Multichannel sparse recovery of complex-valued signals using Huber's criterion

TL;DR

This paper extends Huber's criterion to multichannel complex-valued sparse recovery, introducing a robust algorithm that performs well under heavy-tailed noise and is demonstrated in source localization tasks.

Contribution

The paper develops a robust multichannel sparse recovery method using a generalized Huber's criterion and a novel SNIHT-based algorithm called HUB-SNIHT.

Findings

HUB-SNIHT is robust under heavy-tailed noise.

The method performs comparably to SNIHT under Gaussian noise.
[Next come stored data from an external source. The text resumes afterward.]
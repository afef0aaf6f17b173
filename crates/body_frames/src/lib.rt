//! Bodies of HTTP/1.1 messages in their frames (RFC 9112, sections 6 and 7): decoded as they come, written in chunks.
//!
//! The main contract is that of `Decoder::feed`: it moves a decoder by the bytes taken and by nothing else, so a body, and
//! the fault of one that is refused, are the same however the bytes are cut. `specs/Body.antt` says what a body in its
//! frame is, when it is too large, where it breaks, and when there is more to come. The laws `decoded_bodies` and
//! `refused_bodies` say that a decoder is done, broken or awaits more exactly so, `first_bodies` that all bytes begin
//! with one of these, `bodies_fit` that a body exceeds no limit, and `written_chunks` that chunks written here are of the
//! grammar.
//!
//! Nothing is promised of trailers, which are refused, and of chunk extensions, which are skipped.
#![tactic(auto)]

mod chunk;
mod decoder;
mod frame;
mod laws;
mod place;

pub use chunk::{chunk_frame, last_frame};
pub use decoder::{Decoder, Fed};
pub use frame::{BodyFault, Frame};
pub use laws::{bodies_fit, decoded_bodies, first_bodies, refused_bodies, written_chunks};
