/// How a body is framed (RFC 9112, section 6.3).
#[derive(Clone, Copy, Debug, PartialEq, Eq)]
pub enum Frame {
    /// There is none.
    NoBody,
    /// It has that many bytes.
    Length(u64),
    /// It comes in chunks.
    Chunked,
    /// It ends where the connection does.
    Close,
}

/// Why a body is refused.
#[derive(Clone, Copy, Debug, PartialEq, Eq)]
pub enum BodyFault {
    /// A byte came that no chunked body has there. So many bytes came before it, at most 2^64 - 1.
    BadChunk { at: u64 },
    /// The body has more bytes than its limit.
    TooLarge,
}
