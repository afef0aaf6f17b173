// Where bytes stop being JSON.
ghost use Rattle.std.specs.Prelude.{◌≡◌, ◌≤◌, None, IfSome, length};
ghost use Rattle.json_span.specs.Fault.{FaultAt};
ghost use Rattle.json_span.specs.Value.{IsText};

use json_span::check;
use std::alloc::{AllocError, Global};

/// A line of a file, and a byte of that line, both counted from 1.
#[derive(Clone, Copy, Debug, PartialEq, Eq)]
pub struct Position {
    pub line: u64,
    pub column: u64,
}

/// How many bytes at the start still begin some JSON text, or None for a JSON text.
pub fn json_stop(bytes: &[u8]) -> Option<usize>
    ensures stop { IfSome result (FaultAt IsText bytes.now) }
    ensures none { result ≡ None → IsText bytes.now }
{
    match check(bytes) {
        Ok(()) => None,
        Err(fault) => Some(fault.at),
    }
}

/// Where the byte after these bytes stands.
pub fn position_of(before: &[u8]) -> Position {
    let mut place = Position { line: 1, column: 1 };
    for byte in before {
        if *byte == b'\n' {
            place.line = place.line.saturating_add(1);
            place.column = 1;
        } else {
            place.column = place.column.saturating_add(1);
        }
    }
    place
}

// What is JSON by its grammar and still refused.
const BEYOND: &str =
    "JSON with a number too great, an escape of half a surrogate pair, or more than 127 arrays and objects \
inside one another";

/// Why bytes were refused as no JSON: the line and the column of the first byte that no JSON text has there.
pub fn json_reason(alloc: Global, bytes: &[u8]) -> Result<String, AllocError> {
    let Some(stop) = json_stop(bytes) else {
        return String::from_str(alloc, BEYOND);
    };
    if stop >= bytes.len() {
        return String::from_str(alloc, "not JSON: the file ends too early");
    }
    let (before, _) = bytes.split_at(stop);
    let Position { line, column } = position_of(before);
    format!(in alloc; "not JSON: line {line}, column {column}")
}

fn is_blank(byte: u8) -> bool {
    matches!(byte, b' ' | b'\t' | b'\r' | b'\n')
}

// Whether the first byte that isn't blank begins neither an object nor an array of JSON, as in YAML.
fn begins_otherwise(bytes: &[u8]) -> bool {
    for byte in bytes {
        if !is_blank(*byte) {
            return !matches!(*byte, b'{' | b'[');
        }
    }
    false
}

/// Why the bytes of the file of that name were refused as no JSON; and what makes JSON of them, where they may be YAML.
pub fn file_reason(alloc: Global, name: &str, bytes: &[u8]) -> Result<String, AllocError> {
    let reason = json_reason(alloc, bytes)?;
    if !begins_otherwise(bytes) || json_stop(bytes).is_none() {
        return Ok(reason);
    }
    format!(in alloc; "{reason}; YAML is not read: 'yq -o json {name}' makes JSON of it")
}
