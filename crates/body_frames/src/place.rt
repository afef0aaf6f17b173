// A place in a body, and how the bytes that come move it.
ghost use Rattle.std.specs.Prelude.{◌≡◌, ◌<◌, ◌≤◌, ◌+◌, ◌-◌, ℕ, false, true, [], None, IsTrue};
ghost use Rattle.std.specs.Prelude.{length, take, drop, min};
ghost use Rattle.body_frames.specs.Chunks as chunks;
ghost use Rattle.body_frames.specs.Machine as spec;

use crate::frame::BodyFault;

/// What is awaited.
#[derive(Clone, Copy, Debug, PartialEq, Eq)]
pub enum Mode {
    /// So many bytes of a body of a known length, one at least.
    Whole(u64),
    /// Bytes of a body that ends where the connection does.
    Open,
    /// A digit of a size line, or what may follow one. `line` counts the bytes of the line so far.
    Digits { line: u64, size: u64 },
    /// A blank after the digits, or what may follow one.
    Blank { line: u64, size: u64 },
    /// A byte of an extension, or the line's end.
    Extension { line: u64, size: u64 },
    /// The LF of a size line.
    LineFeed(u64),
    /// So many bytes of a chunk, one at least.
    Data(u64),
    /// The CR and the LF after a chunk's bytes.
    DataReturn,
    DataFeed,
    /// The CR and the LF after the last size line.
    LastReturn,
    LastFeed,
    /// Nothing: the body is whole.
    Done,
    /// A byte came after the end. No decoder gets here.
    Past,
    Broken(BodyFault),
}

/// A place in a body: what is awaited, how many bytes came, and how many the limit leaves for the body.
#[derive(Clone, Copy, Debug, PartialEq, Eq)]
pub struct Place {
    pub mode: Mode,
    pub framed: u64,
    pub room: u64,
}

#[tactic(auto, unfolding(crate::specs::Chunks::digit_value))]
fn digit_value(b: u8) -> u64
    ensures { result ≡ chunks.digit_value b }
{
    match b {
        b'0'..=b'9' => (b - b'0') as u64,
        b'a'..=b'f' => (b - b'a') as u64 + 10,
        b'A'..=b'F' => (b - b'A') as u64 + 10,
        _ => 16,
    }
}

fn after_digits(framed: u64, line: u64, size: u64, b: u8) -> Mode
    ensures { result ≡ spec.after_digits framed line size b }
{
    if b == b'\r' {
        Mode::LineFeed(size)
    } else if (b == b' ' || b == b'\t') && line < 254 {
        Mode::Blank {
            line: line + 1,
            size,
        }
    } else if b == b';' && line < 254 {
        Mode::Extension {
            line: line + 1,
            size,
        }
    } else {
        Mode::Broken(BodyFault::BadChunk { at: framed })
    }
}

// That byte, and no other.
fn expect(framed: u64, wanted: u8, next: Mode, b: u8) -> Mode
    ensures { result ≡ spec.expect framed wanted next b }
{
    if b == wanted {
        next
    } else {
        Mode::Broken(BodyFault::BadChunk { at: framed })
    }
}

fn after_line(room: u64, size: u64) -> Mode
    ensures { result ≡ spec.after_line room size }
{
    if size == 0 {
        Mode::LastReturn
    } else if size <= room {
        Mode::Data(size)
    } else {
        Mode::Broken(BodyFault::TooLarge)
    }
}

fn after_size(framed: u64, line: u64, size: u64, b: u8) -> Mode
    requires { IsTrue (spec.is_sound_mode 0 (Mode.Digits line size)) }
    ensures { result ≡ spec.next_mode framed 0 (Mode.Digits line size) b }
{
    let digit = digit_value(b);
    if digit < 16 && line < 16 {
        Mode::Digits {
            line: line + 1,
            size: size * 16 + digit,
        }
    } else if line == 0 {
        Mode::Broken(BodyFault::BadChunk { at: framed })
    } else {
        after_digits(framed, line, size, b)
    }
}

fn after_extension(framed: u64, line: u64, size: u64, b: u8) -> Mode
    ensures { result ≡ spec.next_mode framed 0 (Mode.Extension line size) b }
{
    if b == b'\r' {
        Mode::LineFeed(size)
    } else if b != b'\n' && line < 254 {
        Mode::Extension {
            line: line + 1,
            size,
        }
    } else {
        Mode::Broken(BodyFault::BadChunk { at: framed })
    }
}

// What is awaited after a byte that isn't one of the body's.
fn next_mode(place: &Place, b: u8) -> Mode
    requires sound { IsTrue (spec.is_sound place.now) }
    requires framing { spec.is_framing place.now ≡ true }
    ensures { result ≡ spec.next_mode place.now.framed place.now.room place.now.mode b }
{
    let framed = place.framed;
    match place.mode {
        Mode::Digits { line, size } => after_size(framed, line, size, b),
        Mode::Blank { line, size } => after_digits(framed, line, size, b),
        Mode::Extension { line, size } => after_extension(framed, line, size, b),
        Mode::LineFeed(size) => {
            if b == b'\n' {
                after_line(place.room, size)
            } else {
                Mode::Broken(BodyFault::BadChunk { at: framed })
            }
        }
        Mode::DataReturn => expect(framed, b'\r', Mode::DataFeed, b),
        Mode::DataFeed => expect(framed, b'\n', Mode::Digits { line: 0, size: 0 }, b),
        Mode::LastReturn => expect(framed, b'\r', Mode::LastFeed, b),
        Mode::LastFeed => expect(framed, b'\n', Mode::Done, b),
        Mode::Open => Mode::Broken(BodyFault::TooLarge),
        mode => mode,
    }
}

// How many bytes of the body may come next, one after another.
fn data_left(place: &Place) -> u64
    ensures { result ≡ spec.data_left place.now }
{
    match place.mode {
        Mode::Whole(n) | Mode::Data(n) => n,
        Mode::Open => place.room,
        _ => 0,
    }
}

fn is_framing(place: &Place) -> bool
    ensures { result ≡ spec.is_framing place.now }
{
    match place.mode {
        Mode::Whole(_) | Mode::Data(_) | Mode::Done | Mode::Past | Mode::Broken(_) => false,
        Mode::Open => place.room == 0,
        _ => true,
    }
}

pub fn is_done(place: &Place) -> bool
    ensures { result ≡ spec.is_done place.now }
{
    match place.mode {
        Mode::Done => true,
        _ => false,
    }
}

pub fn ends_here(place: &Place) -> bool
    ensures { result ≡ spec.ends_here place.now }
{
    match place.mode {
        Mode::Done | Mode::Open => true,
        _ => false,
    }
}

fn move_on(place: &mut Place, b: u8)
    requires sound { IsTrue (spec.is_sound place.old) }
    requires framing { spec.is_framing place.old ≡ true }
    ensures { place.new ≡ spec.step place.old b }
{
    let mode = next_mode(place, b);
    place.framed = place.framed.saturating_add(1);
    place.mode = mode;
}

// One byte of the framing.
fn step(place: &mut Place, b: u8)
    requires sound { IsTrue (spec.is_sound place.old) }
    requires framing { spec.is_framing place.old ≡ true }
    ensures moved { place.new ≡ spec.step place.old b }
    ensures sound { IsTrue (spec.is_sound place.new) }
    ensures falls { spec.most_left place.new < spec.most_left place.old }
{
    move_on(place, b);
}

// So many bytes of the body.
fn jump(place: &mut Place, size: u64)
    requires some { 0 < size }
    requires within { size ≤ spec.data_left place.old }
    requires sound { IsTrue (spec.is_sound place.old) }
    ensures { place.new ≡ spec.jump place.old size }
{
    place.mode = match place.mode {
        Mode::Whole(n) if n == size => Mode::Done,
        Mode::Whole(n) => Mode::Whole(n - size),
        Mode::Data(n) if n == size => Mode::DataReturn,
        Mode::Data(n) => Mode::Data(n - size),
        mode => mode,
    };
    place.framed = place.framed.saturating_add(size);
    place.room -= size;
}

// Passes the bytes of the framing that come next.
pub fn pass_framing(place: &mut Place, piece: &[u8]) -> usize
    requires { IsTrue (spec.is_sound place.old) }
    ensures within { result ≤ length piece.now }
    ensures moved { place.new ≡ spec.run place.old (take result piece.now) }
    ensures nothing { spec.emitted place.old (take result piece.now) ≡ [] }
    ensures sound { IsTrue (spec.is_sound place.new) }
    ensures stops { result < length piece.now → spec.is_framing place.new ≡ false }
    ensures held { spec.is_framing place.old ≡ false → result ≡ 0 }
    ensures falls { spec.most_left place.new + result ≤ spec.most_left place.old }
{
    let mut at = 0;
    while at < piece.len() && is_framing(place) {
        step(place, piece[at]);
        at += 1;
    }
    at
}

// Passes the bytes of the body that come next, in one range.
pub fn pass_data(place: &mut Place, piece: &[u8]) -> usize
    requires sound { IsTrue (spec.is_sound place.old) }
    requires whole { spec.fault_of place.old ≡ None }
    ensures within { result ≤ length piece.now }
    ensures moved { place.new ≡ spec.run place.old (take result piece.now) }
    ensures body { spec.emitted place.old (take result piece.now) ≡ take result piece.now }
    ensures sound { IsTrue (spec.is_sound place.new) }
    ensures whole { spec.fault_of place.new ≡ None }
    ensures stops { result < length piece.now → spec.is_data place.new ≡ false }
    ensures falls { spec.most_left place.new + result ≤ spec.most_left place.old }
{
    let size = data_left(place).min(piece.len() as u64);
    if 0 < size {
        jump(place, size);
    }
    size as usize
}
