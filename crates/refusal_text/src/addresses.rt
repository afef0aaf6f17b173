// The lines for an address, or a URL, of another form.
ghost use Rattle.std.specs.Prelude.{◌≡◌, IfOk, codes, option_map, string_bytes};
ghost use Rattle.front_base.specs.Cut as base;
ghost use Rattle.refusal_text.specs.Text as spec;

use front_base::{cut_at, number_of, read_address};
use std::alloc::{AllocError, Global};

// Whether the text up to its first colon is a host.
fn has_host(alloc: Global, text: &str) -> Result<bool, AllocError>
    ensures { IfOk result (λ is. is ≡ spec.has_host (base.cut_at 58 text.now)) }
{
    match cut_at(text, ':') {
        Some((host, _)) => {
            let address = format!(in alloc; "{host}:1")?;
            Ok(read_address(address.as_str()).is_some())
        }
        None => Ok(false),
    }
}

fn listen_why(alloc: Global, text: &str) -> Result<&'static str, AllocError>
    ensures { IfOk result (λ why. why.now ≡ spec.listen_why text.now) }
{
    if has_host(alloc, text)? {
        Ok("port: not 1 to 65535")
    } else {
        Ok("not A.B.C.D:PORT or localhost:PORT")
    }
}

/// The line for a text of `--listen` that is no address.
pub fn listen_line(alloc: Global, text: &str) -> Result<String, AllocError>
    ensures { IfOk result (λ line. string_bytes line ≡ spec.listen_line text.now) }
{
    let why = listen_why(alloc, text)?;
    format!(in alloc; "--listen={text}: {why}")
}

/// The line for a text of `--front` that is no address.
pub fn front_line(alloc: Global, text: &str) -> Result<String, AllocError>
    ensures { IfOk result (λ line. string_bytes line ≡ spec.front_line text.now) }
{
    let why = listen_why(alloc, text)?;
    format!(in alloc; "--front={text}: {why}")
}

fn before_slash(text: &str) -> &str
    ensures { result.now ≡ spec.before_slash text.now (base.cut_at 47 text.now) }
{
    match cut_at(text, '/') {
        Some((before, _)) => before,
        None => text,
    }
}

fn after_http(url: &str) -> Option<&str>
    ensures { option_map (λ rest. rest.now) result ≡ spec.after (codes "http://") url.now }
{
    url.strip_prefix("http://")
}

#[tactic(auto, unfolding(crate::specs::Text::port_number))]
fn port_number(url: &str) -> Option<u64>
    ensures { result ≡ spec.port_number url.now }
{
    let rest = after_http(url)?;
    let (_, port) = cut_at(before_slash(rest), ':')?;
    number_of(port.as_bytes())
}

fn has_bad_port(url: &str) -> bool
    ensures { result ≡ spec.is_no_port (spec.port_number url.now) }
{
    match port_number(url) {
        Some(number) => number == 0 || number > 65535,
        None => false,
    }
}

fn is_https(url: &str) -> bool
    ensures { result ≡ spec.is_https url.now }
{
    url.starts_with("https://")
}

fn webhook_why(url: &str) -> &'static str
    ensures { result.now ≡ spec.webhook_why url.now }
{
    if is_https(url) {
        "https is not supported"
    } else if has_bad_port(url) {
        "port: not 1 to 65535"
    } else {
        "not http with an IPv4 address or localhost, and no user or fragment"
    }
}

/// The line for a URL of `--audit-webhook-url` that no webhook can have.
pub fn webhook_line(alloc: Global, url: &str) -> Result<String, AllocError>
    ensures { IfOk result (λ line. string_bytes line ≡ spec.webhook_line url.now) }
{
    let why = webhook_why(url);
    format!(in alloc; "--audit-webhook-url={url}: {why}")
}

/// The line for a URL of `--audit-webhook-url` that leads to the address of `--listen`.
pub fn own_webhook_line(alloc: Global, url: &str) -> Result<String, AllocError>
    ensures { IfOk result (λ line. string_bytes line ≡ spec.own_webhook_line url.now) }
{
    format!(in alloc; "--audit-webhook-url={url}: the address of --listen")
}
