ghost use Rattle.std.specs.Prelude.{◌≡◌, ◌≤◌, ◌++◌, ℕ, List, true, Some, All, length};
ghost use Rattle.std.specs.List.{flat_map};
ghost use Rattle.body_frames.specs.Chunks.{IsChunked, IsPiece, chunk_text, last_text};
ghost use Rattle.body_frames.specs.Body.{IsBody, IsRefused, IsPart, StartsWithBody, First, StandsFirst, ends_itself};
ghost use Rattle.body_frames.specs.Decoded.{Decoded};
ghost use Rattle.body_frames.specs.Progress.{is_done, is_open, ends_here, fault_of};
ghost use Rattle.body_frames.specs.declared.place.Place.{Place};

use crate::frame::{BodyFault, Frame};

/// A decoder is done where the bytes that it took are a whole body that ends by itself, and only there. Where the input
/// may end are all whole bodies, and only they. What it gave is the body. It awaits more only where they are a part of
/// one.
pub fn decoded_bodies()
    ensures done { (frame : Frame) (limit : ℕ) (text body : List ℕ) (decoder : Place)
        → Decoded frame limit text body decoder → is_done decoder ≡ true
        → IsBody frame limit text body × (ends_itself frame ≡ true) }
    ensures ends { (frame : Frame) (limit : ℕ) (text body : List ℕ) (decoder : Place)
        → Decoded frame limit text body decoder → ends_here decoder ≡ true → IsBody frame limit text body }
    ensures itself { (frame : Frame) (limit : ℕ) (text body gave : List ℕ) (decoder : Place)
        → IsBody frame limit text body → ends_itself frame ≡ true → Decoded frame limit text gave decoder
        → is_done decoder ≡ true }
    ensures whole { (frame : Frame) (limit : ℕ) (text body gave : List ℕ) (decoder : Place)
        → IsBody frame limit text body → Decoded frame limit text gave decoder
        → (ends_here decoder ≡ true) × (gave ≡ body) }
    ensures awaits { (frame : Frame) (limit : ℕ) (text body : List ℕ) (decoder : Place)
        → Decoded frame limit text body decoder → is_open decoder ≡ true → IsPart frame limit text }
{}

/// A decoder is broken where the bytes that it took begin with a body that is refused, for that, and only there.
pub fn refused_bodies()
    ensures only { (frame : Frame) (limit : ℕ) (text body : List ℕ) (decoder : Place) (fault : BodyFault)
        → Decoded frame limit text body decoder → fault_of decoder ≡ Some fault
        → IsRefused frame limit text fault }
    ensures each { (frame : Frame) (limit : ℕ) (text body : List ℕ) (decoder : Place) (fault : BodyFault)
        → Decoded frame limit text body decoder → IsRefused frame limit text fault
        → fault_of decoder ≡ Some fault }
{}

/// In all bytes a whole body stands first, or one that is refused, or a part of one, and never two of these. The first
/// two stand there too when more bytes come.
pub fn first_bodies()
    ensures some { (frame : Frame) (limit : ℕ) (bytes : List ℕ)
        → (first : First) × StandsFirst frame limit bytes first }
    ensures one { (frame : Frame) (limit : ℕ) (bytes : List ℕ) (first second : First)
        → StandsFirst frame limit bytes first → StandsFirst frame limit bytes second → first ≡ second }
    ensures whole { (frame : Frame) (limit : ℕ) (bytes more body after : List ℕ)
        → StartsWithBody frame limit bytes body after
        → StartsWithBody frame limit (bytes ++ more) body (after ++ more) }
    ensures refused { (frame : Frame) (limit : ℕ) (bytes more : List ℕ) (fault : BodyFault)
        → IsRefused frame limit bytes fault → IsRefused frame limit (bytes ++ more) fault }
{}

/// A body has no more bytes than its limit.
pub fn bodies_fit()
    ensures { (frame : Frame) (limit : ℕ) (text body : List ℕ) → IsBody frame limit text body → length body ≤ limit }
{}

/// The chunks of pieces, and what ends a body, are a text of the grammar whose body is the pieces one after another.
pub fn written_chunks()
    ensures { (pieces : List (List ℕ)) → All IsPiece pieces
        → IsChunked (flat_map chunk_text pieces ++ last_text) (flat_map (λ piece. piece) pieces) }
{}
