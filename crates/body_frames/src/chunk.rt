// Bodies written in chunks (RFC 9112, section 7.1).
ghost use Rattle.std.specs.Prelude.{◌≡◌, ◌<◌, IfOk, length};
ghost use Rattle.body_frames.specs.Chunks.{chunk_text, last_text};

use front_base::{Bytes, NoMemory};
use std::alloc::Global;

/// The chunk of a piece: its size in hexadecimal, CR LF, the piece, CR LF. A chunk of nothing would end the body, so a
/// piece isn't empty.
pub fn chunk_frame(alloc: Global, piece: &[u8]) -> Result<Bytes, NoMemory>
    requires { 0 < length piece.now }
    ensures { IfOk result (λ bytes. bytes ≡ chunk_text piece.now) }
{
    let size = format!(in alloc; "{:x}\r\n", piece.len())?;
    let mut bytes = size.into_bytes();
    bytes.extend_from_slice(piece)?;
    bytes.extend_from_slice(b"\r\n")?;
    Ok(Bytes::new(bytes))
}

/// What ends a body in chunks: a chunk of size 0, and no trailer.
pub fn last_frame() -> [u8; 5]
    ensures { result ≡ last_text }
{
    *b"0\r\n\r\n"
}
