// What is wrong with words that are no command line.
use command_options::{
    BadWord, WordFault, command_with, excluded_by, options_for, ranged_named, required_by, sink_of,
};
use std::alloc::{AllocError, Global};
use strsim::levenshtein;

const PROGRAM_HELP: &str = "Try 'apiaggd --help'.";

// The help that tells the options of the command of that name.
fn help_on(command: &str) -> &'static str {
    match command {
        "explain" => "Try 'apiaggd explain --help'.",
        "check" => "Try 'apiaggd check --help'.",
        "serve" => "Try 'apiaggd serve --help'.",
        "ship" => "Try 'apiaggd ship --help'.",
        "resources" => "Try 'apiaggd resources --help'.",
        "probe" => "Try 'apiaggd probe --help'.",
        "rehearse" => "Try 'apiaggd rehearse --help'.",
        _ => PROGRAM_HELP,
    }
}

// Whether the command of that name reads standard input.
fn reads_input(command: &str) -> bool {
    matches!(command, "explain" | "check" | "ship")
}

// The help that fits a fault of these words.
fn help_for(words: &[String], fault: WordFault) -> &'static str {
    match fault {
        WordFault::NoCommand | WordFault::UnknownCommand => PROGRAM_HELP,
        _ => match words {
            [command, ..] => help_on(command.as_str()),
            [] => PROGRAM_HELP,
        },
    }
}

// Whether a name is near a known one: the start of it, or at most a third of it away in edits.
fn is_near(alloc: Global, name: &str, known: &str) -> Result<bool, AllocError> {
    if name.len() > 2 && known.starts_with(name) {
        return Ok(true);
    }
    if name.len() > 64 {
        return Ok(false);
    }
    Ok(levenshtein(alloc, name, known)? <= known.len() / 3)
}

// A known option near that name, of the command that the first word names.
fn near_option(
    alloc: Global,
    words: &[String],
    name: &str,
) -> Result<Option<&'static str>, AllocError> {
    let [command, ..] = words else {
        return Ok(None);
    };
    for known in options_for(command.as_str()) {
        if is_near(alloc, name, known)? {
            return Ok(Some(*known));
        }
    }
    Ok(None)
}

// The option of a word, with its dashes and without a value.
fn option_in(word: &str) -> &str {
    match word.split_once('=') {
        Some((option, _)) => option,
        None => word,
    }
}

// The command that has this option, with its dashes.
fn owner_of(option: &str) -> Option<&'static str> {
    command_with(option.strip_prefix("--")?)
}

// An option that the command hasn't: it is another command's, or near a known one, or neither.
fn unknown_option(alloc: Global, words: &[String], option: &str) -> Result<String, AllocError> {
    if let Some(command) = owner_of(option) {
        return format!(in alloc; "{option}: an option of {command}");
    }
    let name = option.trim_start_matches('-');
    match near_option(alloc, words, name)? {
        Some(known) => format!(in alloc; "{option}: unknown option; did you mean --{known}?"),
        None => format!(in alloc; "{option}: unknown option"),
    }
}

fn not_number(alloc: Global, option: &str) -> Result<String, AllocError> {
    match ranged_named(option.trim_start_matches('-')) {
        Some(own) => {
            let least = own.least();
            let most = own.most();
            format!(in alloc; "{option}: not a whole number from {least} to {most}")
        }
        None => format!(in alloc; "{option}: not a whole number"),
    }
}

// The mode of a sink that isn't named.
fn no_sink(alloc: Global, option: &str) -> Result<String, AllocError> {
    match sink_of(option.trim_start_matches('-')) {
        Some(sink) => format!(in alloc; "{option}: needs --{sink}"),
        None => format!(in alloc; "{option}: needs its sink"),
    }
}

// An option beside another one that it can't stand beside.
fn excluded(alloc: Global, option: &str) -> Result<String, AllocError> {
    match excluded_by(option.trim_start_matches('-')) {
        Some(other) => format!(in alloc; "{option}: not beside --{other}"),
        None => format!(in alloc; "{option}: not beside another option"),
    }
}

// A word that is no option and no value. Who writes a file's name there is told that it is read from standard input.
fn not_option(alloc: Global, words: &[String], word: &str) -> Result<String, AllocError> {
    match words {
        [command, ..] if reads_input(command.as_str()) && !word.starts_with('-') => {
            let command = command.as_str();
            format!(in alloc; "{word:?}: not an option; {command} reads standard input")
        }
        _ => format!(in alloc; "{word:?}: not an option"),
    }
}

// A command without an option that it can't be without.
fn lacking(alloc: Global, command: &str) -> Result<String, AllocError> {
    match required_by(command) {
        Some(option) => format!(in alloc; "{command}: needs --{option}"),
        None => format!(in alloc; "{command}: needs an option"),
    }
}

// What asks for help or the version, and stands beside no other word.
fn stands_alone(option: &str) -> bool {
    matches!(option, "--help" | "-h" | "--version")
}

fn fault_line(
    alloc: Global,
    words: &[String],
    word: &str,
    fault: WordFault,
) -> Result<String, AllocError> {
    let option = option_in(word);
    if stands_alone(option) {
        return format!(in alloc; "{option} stands alone");
    }
    match fault {
        WordFault::NoCommand => String::from_str(alloc, "no command"),
        WordFault::UnknownCommand => format!(in alloc; "{word:?}: unknown command"),
        WordFault::NotOption => not_option(alloc, words, word),
        WordFault::UnknownOption => unknown_option(alloc, words, option),
        WordFault::NoValue => format!(in alloc; "{option}: no value"),
        WordFault::HasValue => format!(in alloc; "{option}: takes no value"),
        WordFault::Twice => format!(in alloc; "{option}: given twice"),
        WordFault::NotNumber => not_number(alloc, option),
        WordFault::NotMode => format!(in alloc; "{option}: not batch, blocking or blocking-strict"),
        WordFault::NoSink => no_sink(alloc, option),
        WordFault::Excluded => excluded(alloc, option),
        WordFault::Lacking => lacking(alloc, word),
    }
}

/// The line for a bad word of these, which ends with the help that tells more.
pub fn usage_line(alloc: Global, words: &[String], bad: &BadWord) -> Result<String, AllocError> {
    let word = match words.get(bad.place) {
        Some(word) => word.as_str(),
        None => "",
    };
    let mut line = fault_line(alloc, words, word, bad.fault)?;
    let stop = if line.ends_with('?') { " " } else { ". " };
    line.push_str(stop)?;
    line.push_str(help_for(words, bad.fault))?;
    Ok(line)
}
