//! What a person is told of a run that was refused, in one line: which option, file, word or request, where in it, and why.
//!
//! The main contract is that of `refusal_text`: the line begins with the option, its file's name as it was given and the
//! place in the terms of the file's format; of an option out of its range, an address, a URL and what could not be read or
//! written it is the whole line; and a request is named by its number and its first byte. It is total, and fails only where
//! memory runs out. The line has no prefix: who prints it writes `apiaggd: ` before it.
//!
//! Nothing is promised of the words that say why, nor of the lines for words that are no command line: tests show each.
#![tactic(auto)]

mod addresses;
mod file_line;
mod json_place;
mod place;
mod reason;
mod refusal;
mod text;
mod token;
mod usage;

pub use json_place::{Position, json_stop, position_of};
pub use refusal::Refusal;
pub use text::refusal_text;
Application demonstrated in source localization with sensor arrays.

Abstract

In this paper, we generalize Huber's criterion to multichannel sparse recovery problem of complex-valued measurements where the objective is to find good recovery of jointly sparse unknown signal vectors from the given multiple measurement vectors which are different linear combinations of the same known elementary vectors. This requires careful characterization of robust complex-valued loss functions as well as Huber's criterion function for the multivariate sparse regression problem. We devise a greedy algorithm based on simultaneous normalized iterative hard thresholding (SNIHT) algorithm. Unlike the conventional SNIHT method, our algorithm, referred to as HUB-SNIHT, is robust under heavy-tailed non-Gaussian noise conditions, yet has a negligible performance loss compared to SNIHT under Gaussian noise. Usefulness of the method is illustrated in source localization application with sensor arrays.